I listened carefully. I could hear it eating. The sound was of someone very small munching celery continuously. I watched, transfixed, as over the course of an hour the snail meticulously ate an entire purple petal for supper.When my daughter was in grade nine, her science class was given an interesting project: Go out and collect live snails, samples of the soil and vegetation around where they were found, and bring it all back to make terrariums in 2 litre pop bottles. Kennedy was able to find two snails – which she named Machete and Satans Dissipple (after some misspelled graffiti she spotted on her snail hunt) – and, like the rest of her class, she made her mini-ecosystem and watched to see which setups allowed the snails to thrive, and which led to dead snails. I must admit that I was blasé about the fate of the snails – after all, in the name of science, Kennedy would dissect a fetal pig the next year – but after reading The Sound of a Wild Snail Eating, dangit, I don't think I can be indifferent to the fate of snails anymore.

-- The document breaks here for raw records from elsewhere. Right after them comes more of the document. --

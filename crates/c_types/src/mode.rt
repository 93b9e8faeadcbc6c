// What `malloc` may answer.

/// Whether `malloc` may give the null pointer (ISO/IEC 9899:2011, 7.22.3.4).
#[derive(Clone, Copy, PartialEq, Eq)]
pub enum MallocMode {
    /// Each `malloc` gives a cell.
    Always,
    /// Each `malloc` takes one choice: 1 gives a cell, 0 gives the null pointer and makes none.
    MayFail,
}
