// Why a box has no face.
use fa_box_rules::BoxRule;
use std::alloc::AllocError;
use thiserror::Error;

/// Why a box has no face.
#[derive(Clone, Copy, Debug, Drop, Error)]
pub enum FaceFault {
    /// This is the least rule that the box breaks; where a component has no tree, it is B7.
    #[error("the box breaks rule {:?}", .0)]
    Breaks(BoxRule),
    /// Want of memory.
    #[error("no memory")]
    Memory,
}

impl From<AllocError> for FaceFault {
    ghost use Rattle.std.specs.Prelude.{◌≡◌};
    ghost use Rattle.fa_faces.specs.declared.fault.FaceFault.TheVariants.{Memory};

    ghost from_gives = { λ _ fault. fault ≡ Memory };

    fn from(_error: AllocError) -> FaceFault {
        FaceFault::Memory
    }
}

In this book, author Elizabeth Tova Bailey recounts a year in which she was bedbound by a mysterious illness. With barely the energy to turn herself over, Bailey was utterly unable to care for herself, and was obliged to relocate from her beloved old farmhouse to a room with stark white walls and a window too high to see out of. Understimulated, but unable to even visit with friends without becoming exhausted, Bailey was intrigued when one such visitor brought her an inspired gift: a pot of wild violets with a single snail tucked under a leaf. Watching the snail go about its business was soothing for Bailey, who now found her long sickbed hours more sufferable.
Time unused and only endured still vanishes, as if time itself is starving, and each day is swallowed whole, leaving no crumbs, no memory, no trace at all.Before long, Bailey had educated herself on the needs of her snail and a proper terrarium and diet were provided for it. This book is filled with Bailey's observations of the snail (she was even fortunate enough to discover it had laid eggs which then hatched into 100+ tiny snails à la Charlotte's Web), her experience with illness, and observations on how making this connection to a member of the natural world had allowed Bailey to feel reconnected to the world at large. As the book was written long after the year she was bedridden, Bailey was able to add in the many facts and anecdotes from science and literature that she eventually discovered, and her fascination with the tiny mollusks is certainly contagious. (These hermaphrodites shoot love darts at each other as part of their mating ritual?)
struck by a
raindrop, snail
closes up
– Yosa Buson (1716-1783)
Bailey's illness has lasted, to varying degrees of debilitation, for decades – what started as a viral infection and flu-like symptoms eventually led to chronic fatigue syndrome, a condition I don't really know anything about, but which Bailey defines as “a post-infectious condition that involves permanently reduced blood volume, autonomic disorders, and genes that have been deactivated”, and perhaps linked to tick-borne encephalitis (like West Nile or Lyme Disease) – and it's truly frightening to think that this could happen to any of us, at any time. But despite the medical mystery and the sensitively recorded snail observations, The Sound of a Wild Snail Eating isn't a very deep book, and at 170 small pages, it just feels slight (it doesn't compare favourably to, say, The Soul of an Octopus for instance). I enjoyed what I read, but was left wanting more.
In the end, Bailey released her snail, and its offspring, back into the wild, and although she does give instructions on how to make your own terrarium, she would prefer you observe snails in their native habitat. And I'm happy to report that both Machete and Satans Dissipple survived their days in captivity and were also set free once more.
At the moment, we humans are lucky to coinhabit the earth with mollusks, even if we are a recent presence in their much longer history. I hope the terrestrial snails, secreted away in their burrows by day across the earth's vast landscapes, will continue their mysterious lives, gliding slowly and gracefully through the night, millions of years into the future.